Here is a quick worked example where we first create a dummy raster representing weights [0-1]. We set our desired sample size n to 100. We apply a mean filter just to smooth things a bit but, this results in our weights no longer ranging [0-1] but, for illustration that is alright and creates a better visual interpretation of what is happening here.

  r <- rast(nrow=100, ncol=100)
    r <- setValues(r, runif(ncell(r),0,1))
    r <- focal(r, matrix(1,9,9), mean)

Now that we have a weights raster to draw a sample from we can pass the raster values to the sample function using the prob argument. To tease apart what is going on here, sample returns the cell indices which are digested by terra::xyFromCell to return the associated [x,y] coordinates. We then simply coerce this into a sf POINTS object.

n = 100
s <- xyFromCell(r, sample(1:ncell(r), 100, prob=r[]))
  s <- data.frame(s, w=extract(r, s)[,1])
s = st_as_sf(s, coords = c("x", "y"), crs = 4326)
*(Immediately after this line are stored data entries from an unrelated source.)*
//! The front half of an object: it is given events and notices, runs the tasks of its script, and sends what they say.
#![tactic(auto)]

mod evaluated;
mod front;
pub mod laws;

pub use front::Front;
pub use front_half::Turned;
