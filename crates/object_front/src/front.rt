//! The front half of an object.
ghost use Rattle.std.specs.Prelude.{◌≡◌, true, false, Ok, OnErr, OnOk, IfOk, IfSome, [], ◌∷◌, ◌++◌};
ghost use Rattle.lane.specs.Lanes.{StartsWith};
ghost use Rattle.do_tree.specs.Checked.{tree_of as script_in};
ghost use Rattle.do_tree.specs.Tree.{Script};
ghost use Rattle.front_turns.specs.Paused.{HasClass};
ghost use Rattle.timeline.specs.Logs.{fronted};
ghost use Rattle.object_front.specs.Evaluated.{seen};
ghost use Rattle.front_half.specs.Remaining.{left_at};
ghost use Rattle.front_half.specs.Sending.{AreSentToo};
ghost use Rattle.front_half.specs.Standing as standing;
ghost use Rattle.front_half.specs.Standing.{Stood, IsHalf, fresh, nothing_logged};
ghost use Rattle.front_half.specs.Taking as taking;
ghost use Rattle.front_half.specs.Turning.{CanTurn, IsStill, IsQuiet, Turns, Halts};
ghost use Rattle.front_half.specs.declared.turning.Turned.TheVariants.{Ran, Idle};

use crate::evaluated::Evaluated;
use do_tree::Checked;
use do_value::Mem;
use front_half::{Half, Turned};
use lane::{Inlet, Outlet};
use std::alloc::Global;
use storage_map::Alarm;
use timeline::{Caller, Entry, Event, FrontLog, Notice, Waits};

/// The front half of an object: it is given events and notices, and sends what its script says to them. It is made for one
/// script.
pub struct Front {
    pub(crate) half: Half<Evaluated>,
}

// Written out, so that the crates that hold a front prove nothing of what it holds.
impl Drop for Front {
    fn drop(self) {
        let Front { half } = self;
        drop(half);
    }
}

impl Front {
    /// A front whose slot was just mounted. `class` is the number of the class of the slot's object in the script, where the slot has
    /// an object of one; `alarm` is what was mounted.
    pub fn new(alloc: Global, checked: &Checked, class: Option<u32>, alarm: Option<Alarm>) -> Front
        requires { IfSome class (HasClass (script_in checked.now)) }
        ensures stands { IsHalf seen (script_in checked.now) result.half (fresh class alarm) }
        ensures log { fronted result.half.log ≡ nothing_logged }
    {
        let _ = checked;
        Front {
            half: Half::new(alloc, class, alarm),
        }
    }

    /// Takes one notice; else the first deferred event that may be delivered; else one event of the inbox, and delivers, defers or
    /// drops it. What the script then says is sent on the line. After `NoMemory` the front is stopped: each further turn answers
    /// `NoMemory` and does nothing.
    pub fn turn<I: Inlet<Event>, N: Inlet<Notice>, O: Outlet<Entry>>(
        &mut self,
        alloc: Global,
        checked: &Checked,
        inbox: &mut I,
        notices: &mut N,
        line: &mut O,
    ) -> Mem<Turned>
        requires { CanTurn seen (script_in checked.now) self.old.half }
        ensures stopped { standing.is_stopped self.old.half ≡ true → OnOk result ⊥
            × IsStill self.old.half self.new.half (I.got inbox.old, N.got notices.old, O.sent line.old) (I.got inbox.new, N.got notices.new, O.sent line.new) }
        ensures stuck { standing.is_stopped self.old.half ≡ false → self.old.half.stuck ≡ true → result ≡ Ok Idle }
        ensures still { result ≡ Ok Idle
            → IsStill self.old.half self.new.half (I.got inbox.old, N.got notices.old, O.sent line.old) (I.got inbox.new, N.got notices.new, O.sent line.new) }
        ensures idle { result ≡ Ok Idle → (st : Stood) → IsHalf seen (script_in checked.now) self.old.half st → st.stuck ≡ false
            → StartsWith (N.got notices.old) (N.told notices.old) × IsQuiet st (I.got inbox.old) (I.told inbox.old) }
        ensures ran { result ≡ Ok Ran → (st : Stood) → IsHalf seen (script_in checked.now) self.old.half st
            → Turns seen (script_in checked.now) self.old.half self.new.half st
            (I.got inbox.old) (I.got inbox.new) (N.got notices.old) (N.got notices.new) (N.told notices.old) }
        ensures lost { OnErr result ((st : Stood) → IsHalf seen (script_in checked.now) self.old.half st
            → Halts (script_in checked.now) self.old.half self.new.half st
            (I.got inbox.old) (I.got inbox.new) (N.got notices.old) (N.got notices.new) (N.told notices.old)) }
        ensures again { CanTurn seen (script_in checked.now) self.new.half }
        ensures too { AreSentToo (O.sent line.old) (O.sent line.new) self.old.half.log.sent.items self.new.half.log.sent.items }
        ensures inbox { (I.inlet inbox.new ≡ I.inlet inbox.old) × (I.told inbox.new ≡ I.told inbox.old) }
        ensures notices { (N.inlet notices.new ≡ N.inlet notices.old) × (N.told notices.new ≡ N.told notices.old) }
        ensures line { (O.outlet line.new ≡ O.outlet line.old) × (O.left line.new ≡ O.left line.old) }
    {
        self.half.turn(alloc, checked, inbox, notices, line)
    }

    /// The caller of each call that was delivered in this incarnation, or is deferred, and has no reply, in the order in which they were
    /// taken, with what it waits for. A front that waits for an answer of its back, or is stopped, answers `NoMemory`.
    pub fn left(&self, alloc: Global) -> Mem<Vec<(Caller, Waits)>>
        requires { (script : Script) × CanTurn seen script self.now.half }
        ensures { IfOk result (λ left. (script : Script) (st : Stood) → IsHalf seen script self.now.half st → taking.waits st.front.mode ≡ false
            → left.items ≡ left_at script st) }
    {
        self.half.remaining(alloc)
    }

    /// What it has done.
    pub fn log(&self) -> &FrontLog
        ensures { fronted result.now ≡ fronted self.now.half.log }
    {
        self.half.log()
    }

    /// The history. It takes no memory.
    pub fn into_log(self) -> FrontLog
        ensures { fronted result ≡ fronted self.half.log }
    {
        let Front { half } = self;
        half.into_log()
    }
}
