//! Laws of a front, for whoever holds one. A call costs nothing and tells its caller the law.
ghost use Rattle.object_front.specs.Came.{EventsCome};
ghost use Rattle.object_front.specs.Classed.{ClassComes};

use crate::front::Front;

/// A turn accounts for each event that a front gets, and delivers calls in the order in which they came.
pub fn events_come()
    ensures { EventsCome }
{}

/// A turn leaves a front the class that it has by the events that were delivered to it.
pub fn class_comes()
    ensures { ClassComes }
{}

fn is_sent<T: Send>() {}

/// A front may go to another thread, which then makes its turns.
pub fn front_is_sent() {
    is_sent::<Front>();
}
Here we can check the sample distribution and plot the resulting sample on top of the raster. First let's look at our resulting random sample distribution of weights (red line) in relation to the sample weights of the full raster (black line). As you can see, this is doing exactly what we are expecting, approximately recreating the distribution in the raster and, based on our randomly created Gaussian sampling weights, returning the stated output of "higher probability areas have more of the random points and lower probability areas have fewer points".

plot(density(r[]), type="l", col="black", 
     ylab="pdf", xlab="sample weights", 
     main="random sample distribution")
  lines(density(s$w), type="l", col="red")
    legend("topright", legend=c("raster weights", 
           "random sample"), lty=c(1,1), 

sample distributions

Here is the overlay of random samples on the raster.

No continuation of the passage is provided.